### Records shown ###

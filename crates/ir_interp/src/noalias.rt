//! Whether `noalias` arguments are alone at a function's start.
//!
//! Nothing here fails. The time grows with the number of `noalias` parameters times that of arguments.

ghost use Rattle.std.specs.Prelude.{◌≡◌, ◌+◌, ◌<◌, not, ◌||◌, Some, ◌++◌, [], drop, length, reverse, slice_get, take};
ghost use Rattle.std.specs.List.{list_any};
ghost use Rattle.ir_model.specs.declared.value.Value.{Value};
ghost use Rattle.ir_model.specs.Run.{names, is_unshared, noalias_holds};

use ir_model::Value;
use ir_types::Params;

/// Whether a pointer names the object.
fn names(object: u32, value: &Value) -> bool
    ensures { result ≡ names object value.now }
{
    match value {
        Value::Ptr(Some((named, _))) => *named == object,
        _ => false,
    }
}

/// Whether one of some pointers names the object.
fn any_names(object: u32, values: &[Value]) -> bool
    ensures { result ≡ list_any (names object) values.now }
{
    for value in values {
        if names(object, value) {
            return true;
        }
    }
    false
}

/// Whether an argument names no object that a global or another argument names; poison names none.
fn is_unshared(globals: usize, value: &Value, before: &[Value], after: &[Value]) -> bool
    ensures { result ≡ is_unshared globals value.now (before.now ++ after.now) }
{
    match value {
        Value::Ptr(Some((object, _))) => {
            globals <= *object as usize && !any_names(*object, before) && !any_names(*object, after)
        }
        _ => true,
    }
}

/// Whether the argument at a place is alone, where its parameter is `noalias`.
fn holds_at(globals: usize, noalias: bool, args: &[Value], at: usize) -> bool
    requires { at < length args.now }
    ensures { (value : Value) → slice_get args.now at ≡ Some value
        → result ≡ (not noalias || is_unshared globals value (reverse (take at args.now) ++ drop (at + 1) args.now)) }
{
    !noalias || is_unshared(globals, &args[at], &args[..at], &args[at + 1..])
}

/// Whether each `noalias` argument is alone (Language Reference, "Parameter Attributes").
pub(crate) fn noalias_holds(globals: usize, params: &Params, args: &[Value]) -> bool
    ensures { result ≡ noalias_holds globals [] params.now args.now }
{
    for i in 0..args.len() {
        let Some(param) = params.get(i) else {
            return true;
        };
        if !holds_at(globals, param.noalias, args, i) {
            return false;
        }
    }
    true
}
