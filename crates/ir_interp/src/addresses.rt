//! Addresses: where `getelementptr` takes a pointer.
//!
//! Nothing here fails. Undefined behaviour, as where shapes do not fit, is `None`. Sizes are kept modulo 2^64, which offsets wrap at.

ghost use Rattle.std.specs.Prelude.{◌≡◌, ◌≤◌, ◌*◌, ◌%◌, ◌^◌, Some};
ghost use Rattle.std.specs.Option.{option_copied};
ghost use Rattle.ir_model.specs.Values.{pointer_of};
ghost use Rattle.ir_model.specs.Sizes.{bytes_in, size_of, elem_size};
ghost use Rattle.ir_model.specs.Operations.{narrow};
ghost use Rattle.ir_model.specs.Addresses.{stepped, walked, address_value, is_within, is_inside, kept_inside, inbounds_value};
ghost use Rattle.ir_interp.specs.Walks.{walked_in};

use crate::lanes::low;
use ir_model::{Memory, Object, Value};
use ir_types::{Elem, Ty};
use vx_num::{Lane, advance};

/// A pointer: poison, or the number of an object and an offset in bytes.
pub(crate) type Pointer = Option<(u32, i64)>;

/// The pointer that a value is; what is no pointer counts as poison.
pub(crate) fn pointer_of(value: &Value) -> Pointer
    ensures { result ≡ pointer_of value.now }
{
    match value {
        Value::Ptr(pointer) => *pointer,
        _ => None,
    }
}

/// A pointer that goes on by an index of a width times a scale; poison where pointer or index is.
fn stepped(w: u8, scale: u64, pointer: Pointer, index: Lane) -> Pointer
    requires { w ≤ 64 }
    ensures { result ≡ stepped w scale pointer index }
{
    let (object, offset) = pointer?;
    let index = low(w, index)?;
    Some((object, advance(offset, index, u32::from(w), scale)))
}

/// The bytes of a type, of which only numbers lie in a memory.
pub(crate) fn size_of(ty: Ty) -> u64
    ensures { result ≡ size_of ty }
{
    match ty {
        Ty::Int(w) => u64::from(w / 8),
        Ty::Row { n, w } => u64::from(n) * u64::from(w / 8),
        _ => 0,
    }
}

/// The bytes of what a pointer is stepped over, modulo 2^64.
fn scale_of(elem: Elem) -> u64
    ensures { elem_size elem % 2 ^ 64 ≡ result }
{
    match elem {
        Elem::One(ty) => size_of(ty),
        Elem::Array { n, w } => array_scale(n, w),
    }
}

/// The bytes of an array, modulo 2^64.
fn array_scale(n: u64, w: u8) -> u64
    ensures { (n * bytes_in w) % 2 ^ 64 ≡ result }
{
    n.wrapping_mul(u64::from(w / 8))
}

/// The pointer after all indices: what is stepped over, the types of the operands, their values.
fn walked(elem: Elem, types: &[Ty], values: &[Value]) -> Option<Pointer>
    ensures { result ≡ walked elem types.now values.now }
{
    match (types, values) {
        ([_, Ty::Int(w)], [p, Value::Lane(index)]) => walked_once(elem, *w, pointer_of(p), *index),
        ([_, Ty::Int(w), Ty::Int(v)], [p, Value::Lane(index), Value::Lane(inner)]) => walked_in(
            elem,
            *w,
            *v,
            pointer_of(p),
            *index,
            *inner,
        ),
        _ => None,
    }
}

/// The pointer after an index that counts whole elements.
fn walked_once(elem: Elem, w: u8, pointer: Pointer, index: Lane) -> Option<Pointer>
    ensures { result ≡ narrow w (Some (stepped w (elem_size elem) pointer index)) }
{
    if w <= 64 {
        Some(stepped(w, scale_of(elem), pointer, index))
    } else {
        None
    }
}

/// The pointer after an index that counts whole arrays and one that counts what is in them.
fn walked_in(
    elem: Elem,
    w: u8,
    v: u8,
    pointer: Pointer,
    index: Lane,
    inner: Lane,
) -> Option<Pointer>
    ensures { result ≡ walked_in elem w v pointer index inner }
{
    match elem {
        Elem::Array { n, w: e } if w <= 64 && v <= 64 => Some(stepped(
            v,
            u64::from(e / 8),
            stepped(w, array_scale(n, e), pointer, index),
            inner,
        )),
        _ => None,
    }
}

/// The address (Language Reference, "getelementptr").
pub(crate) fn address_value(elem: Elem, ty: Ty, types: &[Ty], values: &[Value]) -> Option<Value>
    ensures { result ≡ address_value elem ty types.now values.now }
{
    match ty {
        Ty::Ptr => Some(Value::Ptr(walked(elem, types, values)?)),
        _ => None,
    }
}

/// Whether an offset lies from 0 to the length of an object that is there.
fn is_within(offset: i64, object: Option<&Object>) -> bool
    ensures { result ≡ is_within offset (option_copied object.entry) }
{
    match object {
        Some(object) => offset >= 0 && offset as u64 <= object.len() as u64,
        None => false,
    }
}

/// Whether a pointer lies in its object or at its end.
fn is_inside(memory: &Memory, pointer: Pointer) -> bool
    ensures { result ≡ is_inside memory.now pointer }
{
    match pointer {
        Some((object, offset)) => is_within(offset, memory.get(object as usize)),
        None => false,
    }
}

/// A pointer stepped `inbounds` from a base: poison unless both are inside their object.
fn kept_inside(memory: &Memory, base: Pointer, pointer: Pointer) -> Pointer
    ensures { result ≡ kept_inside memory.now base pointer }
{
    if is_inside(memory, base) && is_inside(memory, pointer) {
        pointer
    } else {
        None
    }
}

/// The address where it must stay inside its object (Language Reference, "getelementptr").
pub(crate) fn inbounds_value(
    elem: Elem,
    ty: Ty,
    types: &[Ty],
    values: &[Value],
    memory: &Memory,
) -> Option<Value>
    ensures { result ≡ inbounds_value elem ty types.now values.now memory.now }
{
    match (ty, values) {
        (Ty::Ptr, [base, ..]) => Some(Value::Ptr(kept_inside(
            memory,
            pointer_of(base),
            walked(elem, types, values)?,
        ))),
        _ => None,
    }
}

###

• Exercise brief
In the material above, show every line where the word "Sizes" turns up.

• Answer to this exercise
//! Nothing here fails. Undefined behaviour, as where shapes do not fit, is `None`. Sizes are kept modulo 2^64, which offsets wrap at.
ghost use Rattle.ir_model.specs.Sizes.{bytes_in, size_of, elem_size};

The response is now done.